Y claro está, sin mujeres, la antigua y tradicional vida de los aldeanos fineses estaba tocando a su fin. ¿Qué hacer? Unos intermediarios tuvieron una idea luminosa para cubrir aquel mercado. Anunciaron viajes a las Filipinas por el equivalente a 10.000 dólares, con pase de novias incluido. Podías ir y elegir una mujer dispuesta a seguirte al otro lado del mundo, siempre y cuando le pagases algo a su familia. ¿Cómo se ajustaron aquellas pobres inmigrantes al duro clima, a las costumbres extrañas y a un idioma que no entendían? Pues no muy bien. Pero ahora eran sus hijos los que corrían por los fríos bosques, aportando nuevos genes a lugares que durante siglos no habían experimentado cambio biológico alguno. ¿Qué tiene todo ello que ver con la selección a favor o en contra de los genes fineses?

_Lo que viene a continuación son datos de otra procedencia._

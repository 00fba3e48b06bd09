ghost use Rattle.std.specs.Prelude.{◌≡◌, ◌-◌, ◌<◌, ◌^◌, [], IfOk, IsOk, Some, length};
ghost use Rattle.std.specs.Io.{WritesAtMost};
ghost use Rattle.std.specs.Io.KnownBytes.{WriteAppends};
ghost use Rattle.rif_script.specs.Faults.{CountsFaults};
ghost use Rattle.rif_script.specs.InMemory.{fresh_plan, give_answer, sink_after};

use crate::failed::Failed;
use crate::fault_plan::FaultPlan;
use crate::sink::Sink;
use rif_values::OutOfMemory;
use std::alloc::Global;
use std::marker::Model;

/// A sink in memory.
///
/// Contracts see what was written, the room that is left, the most bytes that one call takes, and the
/// plan of its faults.
#[derive(Drop)]
pub struct MemSink {
    written: Vec<u8>,
    room: usize,
    piece: usize,
    plan: FaultPlan,
}

impl Model for MemSink {
    ghost use Rattle.std.specs.Prelude.{◌+◌, ◌≤◌, ◌<◌, vec_len, vec_capacity};
    ghost use Rattle.rif_script.specs.InMemory.{MemorySink};

    ghost Value = { MemorySink };

    ghost view = { λ sink. record {
      written = sink.written.items;
      room = sink.room;
      piece = sink.piece;
      plan = sink.plan;
    } };

    ghost invariant = { λ sink.
        (vec_len sink.written + sink.room ≤ vec_capacity sink.written) × (0 < sink.piece) };
}

impl MemSink {
    /// A sink with room for `room` bytes, for which it takes the memory now. A call takes at most
    /// `piece` bytes, and fails where its number, counted from 1, is in `fail`, or where no room is left.
    /// The condition is that a piece has at least one byte.
    pub fn new(
        alloc: Global,
        room: usize,
        piece: usize,
        fail: Vec<u64>,
    ) -> Result<MemSink, OutOfMemory>
        requires { 0 < piece }
        ensures { IfOk result (λ sink. sink ≡ record {
          written = [];
          room = room;
          piece = piece;
          plan = fresh_plan fail.items;
        }) }
    {
        Ok(MemSink {
            written: Vec::with_capacity(alloc, room)?,
            room,
            piece,
            plan: FaultPlan::new(fail),
        })
    }

    /// What was written, in constant time.
    pub fn bytes(&self) -> &[u8]
        ensures { result.now ≡ self.now.written }
    {
        self.written.as_slice()
    }
}

impl Sink for MemSink {
    ghost written = { λ sink. Some sink.written };

    ghost faults = { λ sink. sink.plan.faults };

    fn give(&mut self, piece: &[u8]) -> Result<usize, Failed>
        requires { self.old.plan.faults < 2 ^ 64 - 1 }
        ensures bound { WritesAtMost result piece.now }
        ensures bytes { WriteAppends (Some self.old.written) (Some self.new.written) result piece.now }
        ensures progress { 0 < length piece.now → IfOk result (λ count. 0 < count) }
        ensures cause { CountsFaults self.old.plan.faults self.new.plan.faults result }

        // The exact answer, and what the sink is then.
        ensures answer { result ≡ give_answer self.old piece.now }
        ensures after { self.new ≡ sink_after self.old piece.now }
        ensures never_fails { self.old.plan.fail ≡ [] → 0 < self.old.room → IsOk result }
    {
        self.plan.count_call(self.room == 0 && !piece.is_empty())?;
        let count = self.piece.min(piece.len()).min(self.room);
        match self.written.extend_from_slice(&piece[..count]) {
            Ok(()) => {}
            Err(_) => unreachable!(),
        }
        self.room -= count;
        Ok(count)
    }
}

El truco radica en que, por lo que sabemos, no existe nada que pueda denominarse concretamente genes "fineses" o "filipinos". Los humanos pertenecen a la misma especie y las instrucciones químicas que llevamos están tan bien mezcladas que existen muy pocos rasgos genéticos únicos de una cultura o grupo étnico concreto. De hecho, los genetistas saben que los chimpancés y los humanos comparten más del 90 % de sus instrucciones genéticas, y no obstante, ¡viva la diferencia! La consideración relevante para el futuro de nuestra especie no es si el banco de genes de los finlandeses será diluido por los filipinos, o si los Estados Unidos serán invadidos lentamente por genes hispanos (o eslavos, o asiáticos). La posibilidad más pertinente es que los memes extranjeros desplacen al banco de memes originales. En la medida en que los padres hispanos enseñen a sus hijos el español y sus costumbres y valores de origen, el inglés y sus hábitos culturales acompañantes saldrán perdiendo (sí, claro, los memes ingleses de los Estados Unidos no son en realidad "originales", ya que desplazaron a muchas culturas amerindias en los últimos siglos).

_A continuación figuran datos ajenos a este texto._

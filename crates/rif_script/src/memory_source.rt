ghost use Rattle.std.specs.Prelude.{◌≡◌, ◌-◌, ◌<◌, ◌^◌, [], IsOk, Some, length};
ghost use Rattle.std.specs.Io.{ReadsAtMost};
ghost use Rattle.std.specs.Io.KnownBytes.{ReadConsumes};
ghost use Rattle.rif_script.specs.Faults.{CountsFaults};
ghost use Rattle.rif_script.specs.InMemory.{fresh_plan, take_answer, source_after};

use crate::failed::Failed;
use crate::fault_plan::FaultPlan;
use crate::source::Source;
use std::marker::Model;

/// A source in memory.
///
/// Contracts see what is left, the most bytes that one call gives, and the plan of its faults.
#[derive(Drop)]
pub struct MemSource {
    bytes: Vec<u8>,
    /// The bytes before this place were taken.
    at: usize,
    piece: usize,
    plan: FaultPlan,
}

impl Model for MemSource {
    ghost use Rattle.std.specs.Prelude.{◌≤◌, ◌<◌, drop, vec_len};
    ghost use Rattle.rif_script.specs.InMemory.{MemorySource};

    ghost Value = { MemorySource };

    ghost view = { λ source. record {
      left = drop source.at source.bytes.items;
      piece = source.piece;
      plan = source.plan;
    } };

    ghost invariant = { λ source. (source.at ≤ vec_len source.bytes) × (0 < source.piece) };
}

impl MemSource {
    /// A source of these bytes. A call gives at most `piece` of them, and fails where its number,
    /// counted from 1, is in `fail`. The condition is that a piece has at least one byte.
    pub fn new(bytes: Vec<u8>, piece: usize, fail: Vec<u64>) -> MemSource
        requires { 0 < piece }
        ensures { result ≡ record {
          left = bytes.items;
          piece = piece;
          plan = fresh_plan fail.items;
        } }
    {
        MemSource {
            bytes,
            at: 0,
            piece,
            plan: FaultPlan::new(fail),
        }
    }
}

impl Source for MemSource {
    ghost left = { λ source. Some source.left };

    ghost faults = { λ source. source.plan.faults };

    fn take(&mut self, buf: &mut [u8]) -> Result<usize, Failed>
        requires { self.old.plan.faults < 2 ^ 64 - 1 }
        ensures bound { ReadsAtMost result buf.new }
        ensures bytes { ReadConsumes (Some self.old.left) (Some self.new.left) result buf.new }
        ensures cause { CountsFaults self.old.plan.faults self.new.plan.faults result }

        // The exact answer, and what the source is then.
        ensures answer { result ≡ take_answer self.old (length buf.old) }
        ensures after { self.new ≡ source_after self.old (length buf.old) }
        ensures never_fails { self.old.plan.fail ≡ [] → IsOk result }
    {
        self.plan.count_call(false)?;
        let left = self.bytes.len() - self.at;
        let count = self.piece.min(buf.len()).min(left);
        buf[..count].copy_from_slice(&self.bytes[self.at..self.at + count]);
        self.at += count;
        Ok(count)
    }
}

La selección de memes es ahora probablemente mucho más crítica que la evolución genética a la hora de determinar nuestro futuro. Por ello, es esencial comprender mejor cómo seleccionamos la información contenida en memes. Todos nosotros participamos en este proceso, y en la medida en que sepamos lo que hacemos, podemos participar en determinar su dirección. Pero antes de pararnos a considerar lo que sería una dirección evolutiva positiva, resultaría muy útil considerar algunos de los peligros más peculiares de la evolución cultural o mimética. Como veremos, muchas de las características que hacen que la selección natural parezca estar caracterizada por una tendencia brutal se repiten de manera similar en la selección y transmisión de memes.